第四次撞击。
这声巨响不像是在撞门,倒像是一通炸雷在所有人的耳膜边直接爆开。
大门口腾起一股呛人的红烟,那是朱漆大门表面崩飞的陈年老漆化作的粉尘。
整堵高墙都在颤抖。
门缝里传出一阵令人牙酸的挤压声。
那根号称能顶住奔马撞击的百年楠木门栓,正在发出不堪重负的悲鸣。
“咔嚓。”
声音不大,却极脆。
紧接着是一声沉闷的断裂音。
那根比大腿还粗的门栓,从中间彻底崩成了两截。
原本严丝合缝的朱漆大门,猛地向内凹陷,勒出了一道半人宽的豁口。
“透了!透了!”
推着攻城锤最前排的一名壮汉工匠吼破了音,他顾不上抹一把迷住眼木屑,死死盯着那个豁口,眼珠子里全是血丝。
那不是门缝。
在他们眼里,那是通往那几箱子赏银的唯一通道。
“再来一下!就一下!”
城墙上。
原本还在指手画脚的沈安,脚下一个踉跄,膝盖软得像是被抽了筋。
他本能地想去抓面前的箭垛石砖,可手心里全是冷汗,掌心一滑,指甲在青砖上挠出了几道白印。
“顶住……下面的人呢?!都死绝了吗?!”
他扯着嗓子尖叫,声音尖锐得像是个被掐住了脖子的太监:“快去堵门!拿箱子!拿桌椅!那是沈家的门面,不能倒!”

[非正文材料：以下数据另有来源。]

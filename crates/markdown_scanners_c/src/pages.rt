//! The blocks of a page, and the content of a leaf block. (CommonMark 0.31.2, chapters 3, 4 and 5)
ghost use Rattle.std.specs.Prelude.{◌≡◌, ◌⊎◌, List, Some, length, map, drop, take, IfOk, IfSome, IfNone};
ghost use Rattle.std.specs.List.{list_all};
ghost use Rattle.markdown_values.specs.declared.values.HeadingLevel.{HeadingLevel as Level};
ghost use Rattle.markdown_values.specs.values.Headings.{heading_number};
ghost use Rattle.markdown_scanners_tree.specs.declared.scanners.html_kinds.HtmlBlockKind.{HtmlBlockKind as HtmlKind};
ghost use Rattle.markdown_scanners_tree.specs.scanners.TextLines.{lines_of};
ghost use Rattle.markdown_scanners_tree.specs.scanners.html_kinds.HtmlKinds.{condition_number};
ghost use Rattle.markdown_blocks.specs.content.Content.{IsContent, Placed};
ghost use Rattle.markdown_blocks.specs.declared.blocks.BlockKind.{BlockKind as LeafKind};
ghost use Rattle.markdown_blocks.specs.events.Events.{Event, IsEventsOf, seen_event, seen_leaf};
ghost use Rattle.markdown_scanners_c.specs.Buffer.{IsWritten};
ghost use Rattle.markdown_scanners_c.specs.Status.{no_memory};
ghost use Rattle.markdown_scanners_c.specs.Texts.{IsNoText};
ghost use Rattle.markdown_scanners_c.specs.Pages.{HasKind, IsContentReturned, IsPageAnswer, StandsIn};
ghost use Rattle.markdown_scanners_c.specs.Pages.{container_in, container_returned, event_returned, is_container, kind_returned, leaf_returned, of_kind};

use crate::extensions::{are_extensions, extensions_of};
use crate::status::{BAD_KIND, NO_MEMORY, OK, PAST_END, TOO_SHORT};
use crate::texts::{Text, no_text, write_text};
use markdown_blocks::blocks::BlockKind;
use markdown_blocks::containers::{Container, DefinitionItem, ListItem};
use markdown_blocks::content::content_of;
use markdown_blocks::events::{BlockEvent, Blocks, Leaf};
use markdown_scanners_tree::scanners::HtmlBlockKind;
use markdown_values::values::{Extensions, HeadingLevel};
use std::alloc::{AllocError, Global};

pub(crate) const CONTAINER_END: u32 = 0;

pub(crate) const BLOCK_QUOTE: u32 = 1;

const LIST_ITEM: u32 = 2;

const BLANK: u32 = 3;

const THEMATIC_BREAK: u32 = 4;

const HEADING: u32 = 5;

const SETEXT_HEADING: u32 = 6;

const INDENTED_CODE: u32 = 7;

const FENCED_CODE: u32 = 8;

const HTML: u32 = 9;

const TABLE: u32 = 10;

const DEFINITION: u32 = 11;

const PARAGRAPH: u32 = 12;

// These begin only where their extensions are on.
pub(crate) const FOOTNOTE: u32 = 13;

pub(crate) const TERM_DEFINITION: u32 = 14;

/// `struct mds_block` of C: a container that begins, the end of one, or a leaf block.
#[repr(C)]
#[derive(Clone, Copy)]
pub struct Block {
    pub kind: u32,
    pub number: u32,
    pub byte: u8,
    pub width: u8,
    pub count: usize,
    pub indent: usize,
    pub line: usize,
    pub lines: usize,
    pub start: usize,
    pub bytes: usize,
    pub offset: usize,
}

/// `struct mds_blocks` of C: how many blocks are written, or need room.
#[repr(C)]
pub struct BlockCount {
    pub status: u32,
    pub count: usize,
}

// The numbers of a block that name its kind.
#[derive(Clone, Copy)]
pub(crate) struct Kind {
    kind: u32,
    number: u32,
    byte: u8,
    count: usize,
}

/// Writes the blocks of a page, in order: the beginning of each container, the leaf blocks in it, and
/// its end.
#[unsafe(no_mangle)]
pub extern "C" fn mds_scan_blocks(
    alloc: Global,
    page: &[u8],
    extensions: u32,
    blocks: &mut [Block],
) -> BlockCount
    ensures blocks { IsPageAnswer page.now extensions blocks.old blocks.new result }
{
    if !are_extensions(extensions) {
        return none_counted(BAD_KIND);
    }
    match returned_blocks(alloc, page, extensions_of(extensions)) {
        Ok(returned) => write_front(&returned, blocks),
        Err(_) => none_counted(NO_MEMORY),
    }
}

/// Nothing is written, and why.
pub(crate) fn none_counted(status: u32) -> BlockCount
    ensures { result ≡ record { status = status; count = 0 } }
{
    BlockCount { status, count: 0 }
}

// The blocks of a page that is read with these extensions.
fn returned_blocks(alloc: Global, page: &[u8], asked: Extensions) -> Result<Vec<Block>, AllocError>
    ensures { IfOk result (λ returned. (events : List Event)
        × IsEventsOf asked page.now events
        × (returned.items ≡ map event_returned events)) }
{
    let mut returned = Vec::new(alloc);
    let mut blocks = Blocks::new_ext(alloc, page, asked);
    while let Some(event) = blocks.next(alloc)? {
        returned.push(event_returned(event))?;
    }
    Ok(returned)
}

/// Writes these at the front of the buffer, where there is room for them.
pub(crate) fn write_front<T: Copy>(returned: &[T], buffer: &mut [T]) -> BlockCount
    ensures { IsWritten returned.now buffer.old buffer.new result.status result.count }
{
    let count = returned.len();
    if count > buffer.len() {
        return BlockCount {
            status: TOO_SHORT,
            count,
        };
    }
    buffer[..count].copy_from_slice(returned);
    BlockCount { status: OK, count }
}

// An event as C has it.
fn event_returned(event: BlockEvent) -> Block
    ensures { result ≡ event_returned (seen_event event.entry) }
{
    match event {
        BlockEvent::Start(container, offset) => container_returned(container, offset),
        BlockEvent::Block(leaf) => leaf_returned(leaf),
        BlockEvent::End => of_kind(plain_kind(CONTAINER_END)),
    }
}

// A container that begins at the offset, as C has it.
pub(crate) fn container_returned(container: Container, offset: usize) -> Block
    ensures { result ≡ container_returned container offset }
{
    match container {
        Container::Quote => Block {
            offset,
            ..of_kind(plain_kind(BLOCK_QUOTE))
        },
        Container::Footnote => Block {
            offset,
            ..of_kind(plain_kind(FOOTNOTE))
        },
        Container::TermDefinition(definition) => Block {
            width: definition.width,
            offset,
            ..of_kind(plain_kind(TERM_DEFINITION))
        },
        Container::Item(item) => {
            let kind = Kind {
                number: item.start,
                byte: item.delimiter,
                ..plain_kind(LIST_ITEM)
            };
            Block {
                width: item.width,
                offset,
                ..of_kind(kind)
            }
        }
    }
}

// A leaf block as C has it.
fn leaf_returned(leaf: Leaf) -> Block
    ensures { result ≡ leaf_returned (seen_leaf leaf.entry) }
{
    Block {
        indent: leaf.indent,
        line: leaf.line,
        lines: leaf.lines,
        start: leaf.start,
        bytes: leaf.bytes,
        offset: leaf.offset,
        ..of_kind(kind_returned(leaf.kind))
    }
}

// A block of the kind, which stands nowhere.
pub(crate) fn of_kind(kind: Kind) -> Block
    ensures { result ≡ of_kind kind }
{
    Block {
        kind: kind.kind,
        number: kind.number,
        byte: kind.byte,
        width: 0,
        count: kind.count,
        indent: 0,
        line: 0,
        lines: 0,
        start: 0,
        bytes: 0,
        offset: 0,
    }
}

// A kind that no other number belongs to.
pub(crate) fn plain_kind(kind: u32) -> Kind
    ensures { result ≡ record { kind = kind; number = 0; byte = 0; count = 0 } }
{
    Kind {
        kind,
        number: 0,
        byte: 0,
        count: 0,
    }
}

// A kind to which this number belongs.
fn numbered_kind(kind: u32, number: u32) -> Kind
    ensures { result ≡ record { kind = kind; number = number; byte = 0; count = 0 } }
{
    Kind {
        number,
        ..plain_kind(kind)
    }
}

// The kind of a leaf block, as C has it.
pub(crate) fn kind_returned(kind: BlockKind) -> Kind
    ensures { result ≡ kind_returned kind }
{
    match kind {
        BlockKind::Blank => plain_kind(BLANK),
        BlockKind::Break => plain_kind(THEMATIC_BREAK),
        BlockKind::Heading(level) => numbered_kind(HEADING, level.number() as u32),
        BlockKind::Setext(level) => numbered_kind(SETEXT_HEADING, level.number() as u32),
        BlockKind::Indented => plain_kind(INDENTED_CODE),
        BlockKind::Fenced(count, byte) => {
            Kind {
                byte,
                count,
                ..plain_kind(FENCED_CODE)
            }
        }
        BlockKind::Html(kind) => numbered_kind(HTML, u32::from(kind.number())),
        BlockKind::Table(count) => Kind {
            count,
            ..plain_kind(TABLE)
        },
        BlockKind::Definition => plain_kind(DEFINITION),
        BlockKind::Paragraph => plain_kind(PARAGRAPH),
    }
}

/// Writes the content of a leaf block of the page, which stands in these containers; its first line
/// goes on with `kept` of them, and begins the others.
#[tactic(auto, unfolding(crate::specs::Pages::IsContentReturned))]
#[unsafe(no_mangle)]
pub extern "C" fn mds_block_content(
    alloc: Global,
    page: &[u8],
    block: &Block,
    containers: &[Block],
    kept: usize,
    buffer: &mut [u8],
) -> Text
    ensures content { IsContentReturned page.now block.now containers.now kept
        buffer.old buffer.new result }
{
    let Some(lines) = lines_in(page, block) else {
        return no_text(PAST_END);
    };
    let Some(kind) = kind_in(block) else {
        return no_text(BAD_KIND);
    };
    if !are_containers(containers) {
        return no_text(BAD_KIND);
    }
    write_content(alloc, lines, kind, containers, kept, buffer)
}

// The lines of the block, where they stand in the page.
fn lines_in<'a>(page: &'a [u8], block: &Block) -> Option<&'a [u8]>
    ensures found { IfSome result (λ lines. StandsIn page.now block.now
        × (lines.now ≡ take block.now.bytes (drop block.now.start page.now))) }
    ensures none { IfNone result (¬ StandsIn page.now block.now) }
{
    if block.start > page.len() {
        return None;
    }
    let rest = &page[block.start..];
    if block.bytes > rest.len() {
        return None;
    }
    Some(&rest[..block.bytes])
}

// Whether each of these begins a container.
pub(crate) fn are_containers(blocks: &[Block]) -> bool
    ensures { result ≡ list_all is_container blocks.now }
{
    blocks.iter().all(|block| is_container(block))
}

fn is_container(block: &Block) -> bool
    ensures { result ≡ is_container block.now }
{
    matches!(
        block.kind,
        BLOCK_QUOTE | LIST_ITEM | FOOTNOTE | TERM_DEFINITION
    )
}

// The kind of leaf block that the numbers name, if they name one.
fn kind_in(block: &Block) -> Option<BlockKind>
    ensures found { IfSome result (HasKind block.now) }
    ensures none { IfNone result ((kind : LeafKind) → ¬ HasKind block.now kind) }
{
    let kind = likely_kind(block)?;
    let returned = kind_returned(kind);
    if returned.kind == block.kind
        && returned.number == block.number
        && returned.byte == block.byte
        && returned.count == block.count
    {
        Some(kind)
    } else {
        None
    }
}

// The only kind of leaf block that the numbers may name.
fn likely_kind(block: &Block) -> Option<BlockKind>
    ensures { (kind : LeafKind) → HasKind block.now kind → result ≡ Some kind }
{
    match block.kind {
        BLANK => Some(BlockKind::Blank),
        THEMATIC_BREAK => Some(BlockKind::Break),
        HEADING => Some(BlockKind::Heading(level_of(block.number)?)),
        SETEXT_HEADING => Some(BlockKind::Setext(level_of(block.number)?)),
        INDENTED_CODE => Some(BlockKind::Indented),
        FENCED_CODE => Some(BlockKind::Fenced(block.count, block.byte)),
        HTML => Some(BlockKind::Html(html_kind_of(block.number)?)),
        TABLE => Some(BlockKind::Table(block.count)),
        DEFINITION => Some(BlockKind::Definition),
        PARAGRAPH => Some(BlockKind::Paragraph),
        _ => None,
    }
}

// The level of a heading that has the number.
fn level_of(number: u32) -> Option<HeadingLevel>
    ensures { (level : Level) → heading_number level ≡ number → result ≡ Some level }
{
    HeadingLevel::try_from(number as usize).ok()
}

// The kind of HTML that has the number.
fn html_kind_of(number: u32) -> Option<HtmlBlockKind>
    ensures { (kind : HtmlKind) → condition_number kind ≡ number → result ≡ Some kind }
{
    let Ok(number) = u8::try_from(number) else {
        return None;
    };
    HtmlBlockKind::from_number(number)
}

// Writes the content of lines that are a leaf block of this kind in these containers.
fn write_content(
    alloc: Global,
    lines: &[u8],
    kind: BlockKind,
    containers: &[Block],
    kept: usize,
    buffer: &mut [u8],
) -> Text
    ensures { (IsNoText no_memory result × (buffer.new ≡ buffer.old))
        ⊎ ((content : Placed)
        × IsContent kind (map container_in containers.now) kept (lines_of lines.now) content
        × (result.taken ≡ length lines.now)
        × IsWritten content.text buffer.old buffer.new result.status result.length) }
{
    let Ok(outer) = containers_in(alloc, containers) else {
        return no_text(NO_MEMORY);
    };
    match content_of(alloc, lines, kind, &outer, kept) {
        Ok(content) => write_text(content.text(), lines.len(), buffer),
        Err(_) => no_text(NO_MEMORY),
    }
}

// The containers that these begin, where a second line of each is read.
fn containers_in(alloc: Global, blocks: &[Block]) -> Result<Vec<Container>, AllocError>
    ensures { IfOk result (λ containers. containers.items ≡ map container_in blocks.now) }
{
    blocks
        .iter()
        .map(|block| container_in(block))
        .collect(alloc)
}

// The container that the block begins, where a second line of it is read.
fn container_in(block: &Block) -> Container
    ensures { result ≡ container_in block.now }
{
    match block.kind {
        BLOCK_QUOTE => Container::Quote,
        FOOTNOTE => Container::Footnote,
        TERM_DEFINITION => Container::TermDefinition(DefinitionItem {
            starts_blank: false,
            width: block.width,
        }),
        _ => Container::Item(ListItem {
            delimiter: block.byte,
            starts_blank: false,
            width: block.width,
            start: block.number,
        }),
    }
}
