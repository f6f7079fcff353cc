//! Which labels a caller says are defined. (CommonMark 0.31.2, section 6.3)
ghost use Rattle.std.specs.Prelude.{◌≡◌, ℕ, List, ◌||◌, IfOk};
ghost use Rattle.std.specs.BTreeSet.{contains_text};
ghost use Rattle.std.specs.List.{list_all, list_any};
ghost use Rattle.std.specs.Str.{is_utf8};
ghost use Rattle.markdown_scanners_c.specs.KnownLabels.{has_key, known_in};

use caseless::default_case_fold_str;
use markdown_inlines::links::Labels;
use std::alloc::{AllocError, Global};
use std::collections::BTreeSet;

/// `struct mds_view` of C: a text that stands somewhere.
#[repr(C)]
#[derive(Clone, Copy)]
pub struct View<'a> {
    pub text: &'a [u8],
}

/// Whether each of these is UTF-8.
pub(crate) fn are_texts(labels: &[View<'_>]) -> bool
    ensures { result ≡ list_all (λ label. is_utf8 label.text.now) labels.now }
{
    labels.iter().all(|label| is_text(label))
}

fn is_text(label: &View<'_>) -> bool
    ensures { result ≡ is_utf8 label.now.text.now }
{
    match str::from_utf8(label.text) {
        Ok(_) => true,
        Err(_) => false,
    }
}

/// The labels that a caller says are defined, in the order of their keys too, so that neither labels
/// that are many nor labels that are made to collide take more than a search in a tree.
#[derive(Drop)]
pub(crate) struct KnownLabels<'a> {
    alloc: Global,
    labels: &'a [View<'a>],
    keys: BTreeSet<String>,
    ghost are_keys: { (key : List ℕ) → contains_text keys key ≡ list_any (has_key key) labels.now },
}

impl<'a> KnownLabels<'a> {
    /// Those of the caller. One that is not UTF-8 matches nothing.
    pub(crate) fn new(alloc: Global, labels: &'a [View<'a>]) -> Result<KnownLabels<'a>, AllocError>
        ensures { IfOk result (λ known. known.labels.now ≡ labels.entry.now) }
    {
        let mut keys = BTreeSet::new(alloc);
        for label in labels {
            add_key(alloc, &mut keys, label)?;
        }
        Ok(KnownLabels {
            alloc,
            labels,
            keys,
        })
    }
}

impl<'a> Labels for KnownLabels<'a> {
    ghost known = { λ it. known_in it.labels.now };

    fn is_defined(&self, label: &str) -> Result<bool, AllocError> {
        let key = default_case_fold_str(self.alloc, label)?;
        Ok(self.keys.contains(key.as_str()))
    }
}

// Adds the key of a label, if it is UTF-8.
fn add_key(alloc: Global, keys: &mut BTreeSet<String>, label: &View<'_>) -> Result<(), AllocError>
    ensures { IfOk result (λ _. (key : List ℕ)
        → contains_text keys.new key ≡ (has_key key label.now || contains_text keys.old key)) }
{
    let Ok(text) = str::from_utf8(label.text) else {
        return Ok(());
    };
    keys.insert(default_case_fold_str(alloc, text)?)?;
    Ok(())
}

这要是门倒了,抄家的人进来,他这个沈家大少爷就是那砧板上的肉。
可是没人动。
平时那些对他点头哈腰的家丁,此刻正一个个缩着脖子往后退。
有些人甚至把手里的兵刃往身后藏。
下面那群人哪里是差役,分明就是闻到了血腥味的饿狼。
谁这会儿上去堵门,谁就是第一个被攻城锤怼成肉泥的倒霉鬼。
“少……少爷,堵不住了……”
一个心腹家丁哭丧着脸,手抖得连刀鞘都握不住:“那帮人疯了,真疯了。”
下面的人群确实疯了。
赏银千两,那是几辈子的嚼谷。
“冲进去!抢……抓反贼!”
不知道谁喊错了嘴,又赶紧硬生生圆了回来。
赵龙站在人群后方,并没有被这股狂热冲昏头脑。